Subsequently, the wafer 6 is placed in a reaction chamber of a sputter etching apparatus, and the small area between the eyebrows is etched using CF4 gas.

At this time, since the resist film 8a is not formed on the wafer 6@ part or the back surface, dust may be generated due to peeling of the resist film 8a due to contact between the wafer 6 and a wafer holder, etc., during transportation or processing of the wafer 6. can be prevented from occurring. Further, the resin frame portion 7 is not etched by CF or gas.

Thereafter, the resist film 8a is removed using a resist stripping solution such as xylene or orthodichlorobenzene. At this time as well, the resin frame 7 is not exposed to the resist stripping solution, so that the frame 7 can be used as is when patterning the next resist film.

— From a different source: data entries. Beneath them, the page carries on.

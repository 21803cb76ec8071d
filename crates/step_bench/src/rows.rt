//! The steps from a design to the text of its placement.

ghost use Rattle.std.specs.Prelude.{◌≡◌, length, All};
ghost use Rattle.wire_report.specs.Wire.{IsNearCorner};

use crate::cells::{Cells, are_good};
use crate::made::Wire;
use crate::placement::{corners, placement_text};
use crate::watch::{Answer, NO_MEMORY, Watch};
use book_design::Design;
use row_legal::legalise;
use row_space::segments;
use std::alloc::Global;
use std::thread::Threads;
use wire_report::{Corner, hpwl};

/// Finds the segments, puts the cells there, measures the wires so often, and writes the placement.
pub fn measure_rows<R: Threads + Sync>(
    threads: &R,
    alloc: Global,
    watch: &mut Watch<'_>,
    design: &Design<'_>,
    areas: &[u64],
    cells: &Cells,
    times: u32,
) -> Answer<()> {
    // The star points stand behind the cells.
    let sites = &areas[..areas.len().min(cells.wishes.len())];
    if !are_good(sites, &cells.wishes) {
        return Err("the cells are beyond what may be placed");
    }
    watch.begin()?;
    let Ok(segments) = segments(alloc, design) else {
        return Err(NO_MEMORY);
    };
    watch.end("segments", &segments)?;
    let Ok(places) = legalise(alloc, &segments, sites, &cells.wishes) else {
        return Err("there is no room for a cell, or memory is wanting");
    };
    watch.end("legalise", &places)?;
    let Ok(corners) = corners(alloc, design, &segments, places.as_slice()) else {
        return Err(NO_MEMORY);
    };
    watch.end("corners", &corners)?;
    measure_wires(threads, alloc, watch, design, &corners, times)?;
    watch.begin()?;
    let Ok(text) = placement_text(alloc, design, &corners) else {
        return Err(NO_MEMORY);
    };
    watch.end("write", &text)
}

fn measure_wires<R: Threads + Sync>(
    threads: &R,
    alloc: Global,
    watch: &mut Watch<'_>,
    design: &Design<'_>,
    corners: &[Corner],
    times: u32,
) -> Answer<()>
    requires each { length corners.now ≡ length design.now.nodes }
    requires near { All IsNearCorner corners.now }
{
    let nets = design.nets().len();
    for _ in 0..times {
        watch.begin()?;
        let Ok(length) = hpwl(threads, alloc, design, corners) else {
            return Err(NO_MEMORY);
        };
        watch.end("wire", &Wire { nets, length })?;
    }
    Ok(())
}
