//! A machine of explicit events, and schedules replayed on a racing table, for whoever studies chaotic relaxation.
//!
//! A schedule is a list of events: a seat loads the word of a point, or renews a point by the mean of what it has seen, however
//! outdated that is. What comes in is a system, a side, a number of seats and events; what goes out is the machine after each of
//! them (`World`), or what settling leads to behind all of them (`play`). It stands on the racing tables, whose steps these are, and
//! on the files that schedules are read from.
//!
//! The relaxation is that of D. Chazan and W. Miranker, "Chaotic relaxation", Linear Algebra and its Applications, 1969. It departs
//! from it in that coordinates are whole numbers and means are rounded to the side, that a word only ever goes on in its direction,
//! and that no schedule need be fair: what no event renews, the settling does.
//!
//! The contract: after any events the machine is sound (`IsSoundWorld`), and behind any events `play` answers the extremal vector
//! (`IsExtremal`).
#![tactic(auto)]

mod laws;
mod replay;
mod sight;
mod world;

pub use book_files::{Event, Events, read_schedule};
pub use laws::{schedules_are_sound, steps_are_of_tables};
pub use relax_system::Side;
pub use replay::{Played, play};
pub use world::{MOST_WORLD_SEATS, World};
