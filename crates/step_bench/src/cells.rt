//! The cells of a design where its placement file has them.

ghost use Rattle.std.specs.Prelude.{◌≡◌, ◌^◌, ◌<◌, ◌≤◌, length, sum, IfOk, IsTrue};
ghost use Rattle.relax_system.specs.declared.valid.TheConstants.{MOST_COORDINATE};
ghost use Rattle.row_legal.specs.declared.rules.TheConstants.{MOST_CELL_SITES};
ghost use Rattle.row_legal.specs.Cells.{cells_of};
ghost use Rattle.row_legal.specs.Ranges.{IsNear, AreGoodCells};

use crate::watch::{Answer, NO_MEMORY};
use book_design::Design;
use book_text::MOST_MICRO;
use net_model::Network;
use relax_system::MOST_COORDINATE;
use row_legal::{MOST_CELL_SITES, MOST_CELLS, MOST_WISH, Wish};
use std::alloc::{AllocError, Global};

/// Where the cells stand: their middles on x and on y as coordinates, clamped to the core, behind which come those of the star
/// points, and their lower left corners.
#[derive(Drop)]
pub struct Cells {
    pub xs: Vec<u64>,
    pub ys: Vec<u64>,
    pub wishes: Vec<Wish>,
}

/// The cells of a design, and so many star points, each in the middle of the core.
pub fn cells_as_placed(
    alloc: Global,
    design: &Design<'_>,
    stars: usize,
) -> Result<Cells, AllocError> {
    let core = design.core();
    let mut xs = Vec::new(alloc);
    let mut ys = Vec::new(alloc);
    let mut wishes = Vec::new(alloc);
    for node in design.nodes() {
        if !node.fixed {
            xs.push(middle(node.x, node.width, core.xlo, core.xhi))?;
            ys.push(middle(node.y, node.height, core.ylo, core.yhi))?;
            wishes.push(Wish {
                x: node.x,
                y: node.y,
            })?;
        }
    }
    for _ in 0..stars {
        xs.push(between(core.xlo, core.xhi))?;
        ys.push(between(core.ylo, core.yhi))?;
    }
    Ok(Cells { xs, ys, wishes })
}

/// The coordinate of a middle, clamped between two ends.
fn middle(at: i64, size: i64, low: i64, high: i64) -> u64 {
    coordinate(at.saturating_add(size / 2).min(high).max(low))
}

/// The coordinate in the middle between two ends.
fn between(low: i64, high: i64) -> u64 {
    middle(low, high.saturating_sub(low), low, high)
}

/// A place in millionths as a coordinate, clamped to what a coordinate may be.
pub fn coordinate(at: i64) -> u64
    ensures { result ≤ MOST_COORDINATE }
{
    let shifted = at.saturating_add(MOST_MICRO as i64);
    u64::try_from(shifted).unwrap_or(0).min(MOST_COORDINATE)
}

/// The areas of the points, in sites.
pub fn areas(alloc: Global, network: &Network) -> Answer<Vec<u64>>
    ensures all { IfOk result (λ areas. length areas.items ≡ length network.now.points) }
    ensures fits { IfOk result (λ areas. sum areas.items < 2 ^ 64) }
{
    let mut areas = Vec::new(alloc);
    let mut total: u64 = 0;
    for p in 0..network.points() {
        let area = network.area(p as u32);
        if areas.push(area).is_err() {
            return Err(NO_MEMORY);
        }
        let Some(more) = total.checked_add(area) else {
            return Err("the cells are too large");
        };
        total = more;
    }
    Ok(areas)
}

/// Whether each cell has a wish, and the numbers are within what the greedy rule takes.
pub fn are_good(sites: &[u64], wishes: &[Wish]) -> bool
    ensures { IsTrue result → AreGoodCells (cells_of sites.now wishes.now) }
{
    wishes.len() == sites.len()
        && sites.len() as u64 <= MOST_CELLS
        && sites.iter().all(may_take)
        && wishes.iter().all(may_wish)
}

fn may_take(sites: &u64) -> bool
    ensures some { IsTrue result → 1 ≤ sites.now }
    ensures most { IsTrue result → sites.now ≤ MOST_CELL_SITES }
{
    1 <= *sites && *sites <= MOST_CELL_SITES
}

fn may_wish(wish: &Wish) -> bool
    ensures x { IsTrue result → IsNear wish.now.x }
    ensures y { IsTrue result → IsNear wish.now.y }
{
    is_near(wish.x) && is_near(wish.y)
}

fn is_near(z: i64) -> bool
    ensures { IsTrue result → IsNear z }
{
    -MOST_WISH <= z && z <= MOST_WISH
}
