//! The table, its parts and its readers.
ghost use Rattle.std.specs.Prelude.{◌≡◌, ◌<◌, ◌≤◌, ◌++◌, length, IfSome, IfOk, Ok, Err, OnOk, OnErr, Some, None, [], ℕ, IsTrue, option_map};
ghost use Rattle.smt_lex.specs.declared.token.LexError.{LexError};
ghost use Rattle.smt_lex.specs.Grammar.{is_numeral};
ghost use Rattle.smt_sexpr.specs.Tree.{Sexpr, leaf_of, symbol_of, keyword_of, numeral_of, item_of};
ghost use Rattle.smt_sexpr.specs.Table.{Means, HasMeaning, HasItem, IsNodeOf, ItemsAre, Grows};
ghost use Rattle.smt_sexpr.specs.Reading.{Finds, failed_of};
ghost use Rattle.smt_sexpr.specs.Printing.{text_of};
ghost use Rattle.smt_sexpr.specs.Shapes.{is_symbol, HeadIs};

use crate::error::{SexprError, SexprRefusal};
use crate::node::{Node, SexprId};
use crate::printer::write;
use crate::reader::{Frame, read};
use crate::text::leaf_text;
use smt_lex::{Lexer, TokenKind};
use std::alloc::{AllocError, Global};
use std::marker::Model;

/// S-expressions in a flat table, over the bytes that they were read from.
///
/// An id stays good until `clear`. Nothing is copied from the bytes.
pub struct Sexprs<'a> {
    alloc: Global,
    bytes: &'a [u8],
    nodes: Vec<Node>,
    items: Vec<SexprId>,
    /// Room for the lists that are open while one is read, and for their items.
    stack: Vec<Frame>,
    pending: Vec<SexprId>,
}

impl Drop for Sexprs<'_> {
    fn drop(self) {
        let Sexprs {
            alloc: _,
            bytes: _,
            nodes,
            items,
            stack,
            pending,
        } = self;
        drop(nodes);
        drop(items);
        drop(stack);
        drop(pending);
    }
}

impl<'a> Model for Sexprs<'a> {
    ghost use Rattle.smt_sexpr.specs.Table.{Table};

    ghost Value = { Table };

    ghost view = { λ s. record { bytes = s.bytes.now; nodes = s.nodes.items; items = s.items.items } };
}

impl<'a> Sexprs<'a> {
    /// An empty table over these bytes.
    pub fn new(alloc: Global, bytes: &'a [u8]) -> Self
        ensures { result ≡ record { bytes = bytes.now; nodes = []; items = [] } }
    {
        Sexprs {
            alloc,
            bytes,
            nodes: Vec::new(alloc),
            items: Vec::new(alloc),
            stack: Vec::new(alloc),
            pending: Vec::new(alloc),
        }
    }

    /// Reads the next s-expression, or gives `None` at the end of the text.
    ///
    /// After an error of the lexer each call gives that error again. Want of memory leaves table and lexer as they
    /// were.
    pub fn read_one(&mut self, lexer: &mut Lexer) -> Result<Option<SexprId>, SexprError>
        requires same { lexer.old.bytes ≡ self.old.bytes }
        ensures finds { lexer.old.failed ≡ None → Finds self.new lexer.old.place result lexer.new.place }
        ensures failed { lexer.old.failed ≡ None → lexer.new.failed ≡ failed_of result }
        ensures forward { (id : ℕ) → result ≡ Ok (Some id) → lexer.old.place < lexer.new.place }
        ensures within { lexer.old.failed ≡ None → lexer.new.place ≤ length lexer.new.bytes }
        ensures again { (e : LexError) → lexer.old.failed ≡ Some e
            → (result ≡ Err (SexprError.Refused (SexprRefusal.Lex e))) × (lexer.new ≡ lexer.old) }
        ensures bytes { lexer.new.bytes ≡ lexer.old.bytes }
        ensures grows { Grows self.old self.new }
        // Only an s-expression adds to the table.
        ensures end { result ≡ Ok None → self.new ≡ self.old }
        ensures err { OnErr result (self.new ≡ self.old) }
        ensures memory { result ≡ Err SexprError.OutOfMemory → lexer.new ≡ lexer.old }
    {
        if let Some(error) = lexer.error() {
            return Err(SexprError::Refused(SexprRefusal::Lex(error)));
        }
        let lexer_before = lexer.copy();
        let nodes_before = self.nodes.len();
        let items_before = self.items.len();
        self.stack.clear();
        self.pending.clear();
        let result = read(
            &mut self.stack,
            &mut self.pending,
            &mut self.nodes,
            &mut self.items,
            lexer,
        );
        if result.is_err() {
            self.nodes.truncate(nodes_before);
            self.items.truncate(items_before);
        }
        if let Err(SexprError::OutOfMemory) = result {
            *lexer = lexer_before;
        }
        result
    }

    /// Forgets all s-expressions and keeps the room that they had.
    pub fn clear(&mut self)
        ensures { self.new ≡ record { bytes = self.old.bytes; nodes = []; items = [] } }
    {
        self.nodes.clear();
        self.items.clear();
    }

    /// The s-expression as it stands in the table.
    pub fn node(&self, id: SexprId) -> Node
        requires { HasMeaning self.now id }
        ensures { (x : Sexpr) → Means self.now id x → IsNodeOf self.now x result }
    {
        self.nodes[id]
    }

    /// The ids of a list's items in order, or `None` for a leaf.
    pub fn items(&self, id: SexprId) -> Option<&[SexprId]>
        requires { HasMeaning self.now id }
        ensures { (x : Sexpr) → Means self.now id x
            → ItemsAre self.now x (option_map (λ ids. ids.now) result) }
    {
        match self.node(id) {
            Node::Leaf(_) => None,
            Node::List(first, count) => Some(&self.items[first..first + count]),
        }
    }

    /// The id of a list's item, counted from 0.
    pub fn item(&self, id: SexprId, k: usize) -> SexprId
        requires { HasItem self.now id k }
        ensures { (x y : Sexpr) → Means self.now id x → item_of x k ≡ Some y → Means self.now result y }
    {
        match self.node(id) {
            Node::List(first, _) => self.items[first + k],
            Node::Leaf(_) => 0,
        }
    }

    /// A leaf's kind and its text, of a quoted symbol without the bars; `None` for a list.
    pub fn leaf(&self, id: SexprId) -> Option<(TokenKind, &'a [u8])>
        requires { HasMeaning self.now id }
        ensures { (x : Sexpr) → Means self.now id x
            → option_map (λ leaf. (leaf.0, leaf.1.now)) result ≡ leaf_of x }
    {
        match self.node(id) {
            Node::Leaf(token) => Some((token.kind, leaf_text(self.bytes, token))),
            Node::List(_, _) => None,
        }
    }

    /// A symbol's bytes without bars, or `None` for all else.
    pub fn symbol(&self, id: SexprId) -> Option<&'a [u8]>
        requires { HasMeaning self.now id }
        ensures { (x : Sexpr) → Means self.now id x → option_map (λ text. text.now) result ≡ symbol_of x }
    {
        match self.leaf(id) {
            Some((TokenKind::Symbol, text)) => Some(text),
            _ => None,
        }
    }

    /// A keyword's bytes with its colon, or `None` for all else.
    pub fn keyword(&self, id: SexprId) -> Option<&'a [u8]>
        requires { HasMeaning self.now id }
        ensures { (x : Sexpr) → Means self.now id x → option_map (λ text. text.now) result ≡ keyword_of x }
    {
        match self.leaf(id) {
            Some((TokenKind::Keyword, text)) => Some(text),
            _ => None,
        }
    }

    /// A numeral's digits, or `None` for all else.
    pub fn numeral(&self, id: SexprId) -> Option<&'a [u8]>
        requires { HasMeaning self.now id }
        ensures value { (x : Sexpr) → Means self.now id x
            → option_map (λ text. text.now) result ≡ numeral_of x }
        ensures digits { IfSome result (λ text. IsTrue (is_numeral text.now)) }
    {
        match self.leaf(id) {
            Some((TokenKind::Numeral, text)) => Some(text),
            _ => None,
        }
    }

    /// Whether it is this symbol.
    pub fn is_symbol(&self, id: SexprId, text: &[u8]) -> bool
        requires { HasMeaning self.now id }
        ensures { (x : Sexpr) → Means self.now id x → result ≡ is_symbol text.now x }
    {
        match self.symbol(id) {
            Some(name) => name == text,
            None => false,
        }
    }

    /// Of a list that begins with a symbol: its bytes, and the ids of what follows it.
    pub fn headed(&self, id: SexprId) -> Option<(&'a [u8], &[SexprId])>
        requires { HasMeaning self.now id }
        ensures { (x : Sexpr) → Means self.now id x
            → HeadIs self.now x (option_map (λ p. (p.0.now, p.1.now)) result) }
    {
        match self.items(id) {
            Some([head, rest @ ..]) => Some((self.symbol(*head)?, rest)),
            _ => None,
        }
    }

    /// Appends the s-expression as it is written: one space between the items of a list, bars where they are needed.
    pub fn print(&self, id: SexprId, out: &mut Vec<u8>) -> Result<(), AllocError>
        requires { HasMeaning self.now id }
        ensures ok { OnOk result ((x : Sexpr) → Means self.now id x
            → out.new.items ≡ out.old.items ++ text_of x) }
        ensures err { OnErr result (out.new.items ≡ out.old.items) }
    {
        let before = out.len();
        let result = write(self.alloc, self, id, out);
        if result.is_err() {
            out.truncate(before);
        }
        result
    }
}
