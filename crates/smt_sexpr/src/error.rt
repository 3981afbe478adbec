//! Why no s-expression was read.

use smt_lex::LexError;
use std::alloc::{AllocError, AllocFailed};

/// What is wrong with the text. Places are counted in bytes from 0.
#[derive(Clone, Copy, Debug, PartialEq, Eq)]
pub enum SexprRefusal {
    /// No token could be read, in a list or outside.
    Lex(LexError),
    /// The text ends in a list; the place of the outermost parenthesis that isn't closed.
    UnclosedList(usize),
    /// The place of a closing parenthesis that closes nothing.
    StrayClose(usize),
}

/// Why no s-expression was read.
#[derive(Clone, Copy, Debug, PartialEq, Eq)]
pub enum SexprError {
    /// The text is refused.
    Refused(SexprRefusal),
    /// Memory was wanting.
    OutOfMemory,
}

impl From<AllocError> for SexprError {
    ghost use Rattle.std.specs.Prelude.{◌≡◌};
    ghost use Rattle.smt_sexpr.specs.declared.error.SexprError.TheVariants.{OutOfMemory};

    ghost from_gives = { λ _ e. e ≡ OutOfMemory };

    fn from(_error: AllocError) -> SexprError {
        SexprError::OutOfMemory
    }
}

impl<T: Drop> From<AllocFailed<T>> for SexprError {
    ghost use Rattle.std.specs.Prelude.{◌≡◌};
    ghost use Rattle.smt_sexpr.specs.declared.error.SexprError.TheVariants.{OutOfMemory};

    ghost from_gives = { λ _ e. e ≡ OutOfMemory };

    fn from(_failed: AllocFailed<T>) -> SexprError {
        SexprError::OutOfMemory
    }
}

In this way, patterning of the resist 1 can be performed many times with the frame portion 7 formed as it is.
Unlike the conventional method, there is no reduction in throughput.

Finally, the frame portion 7 is removed by dry etching using oxygen as a reaction gas.

Next, another embodiment of the present invention will be described with reference to FIG. 4.

This figure is a top view of a wafer showing the shape of a frame made of resin of a loose drawing 111- according to another embodiment of the present invention, in which the frame 7a is formed to match the shape of the chip.

It goes without saying that even in this case, the same effects as those of the above-mentioned embodiments can be obtained. Note that the reference numeral 6a in the figure indicates a wafer.

〔Effect of the invention〕

As described above, according to the manufacturing method of the present invention, since the frame made of oleophobic resin is formed around the wafer, the formation of the resist 119 on the wafer periphery and the back surface of the wafer is prevented. It can be prevented.

Therefore, it is possible to prevent dust from being generated due to resist peeling due to contact with the wafer while holding the wafer.

Thereby, it is possible to improve the yield of semiconductor devices.

Further, after forming the frame portion, the frame portion can be used as many times as desired during patterning of the resist film. Therefore, the throughput does not decrease as in the conventional case.

[Brief explanation of drawings]

1(a) to (f) are diagrams explaining the manufacturing method of the embodiment of the present invention; FIG. 2 is a sectional view of a molding device used for forming the frame portion of the embodiment of the present invention; Figures (a) and (b) are perspective views illustrating a resist cloth according to an embodiment of the present invention; Figure 4 is a top view of a wafer showing the shape of a frame according to another embodiment of the present invention; 5(a) and 5(b) are perspective views illustrating conventional resist coating, and FIG. 6 is a perspective view illustrating conventional resist coating. (Explanation of symbols) l...Wafer suction tube, 2.6.6a...Wafer, 3.8...Resist, 3a, 8a...Resist film, 7.7a...Frame part, 9 ...Upper mold, 10...Lower mold, 11...Resin injection port, 12...Resin, 13...Suction port. A cross-sectional diagram explaining the problems of the conventional example.

Claims (1)

[Claims] A semiconductor device comprising the steps of: forming a frame made of an oleophobic resin around a wafer; and applying a resist to the wafer surface on which the frame is formed. Production method.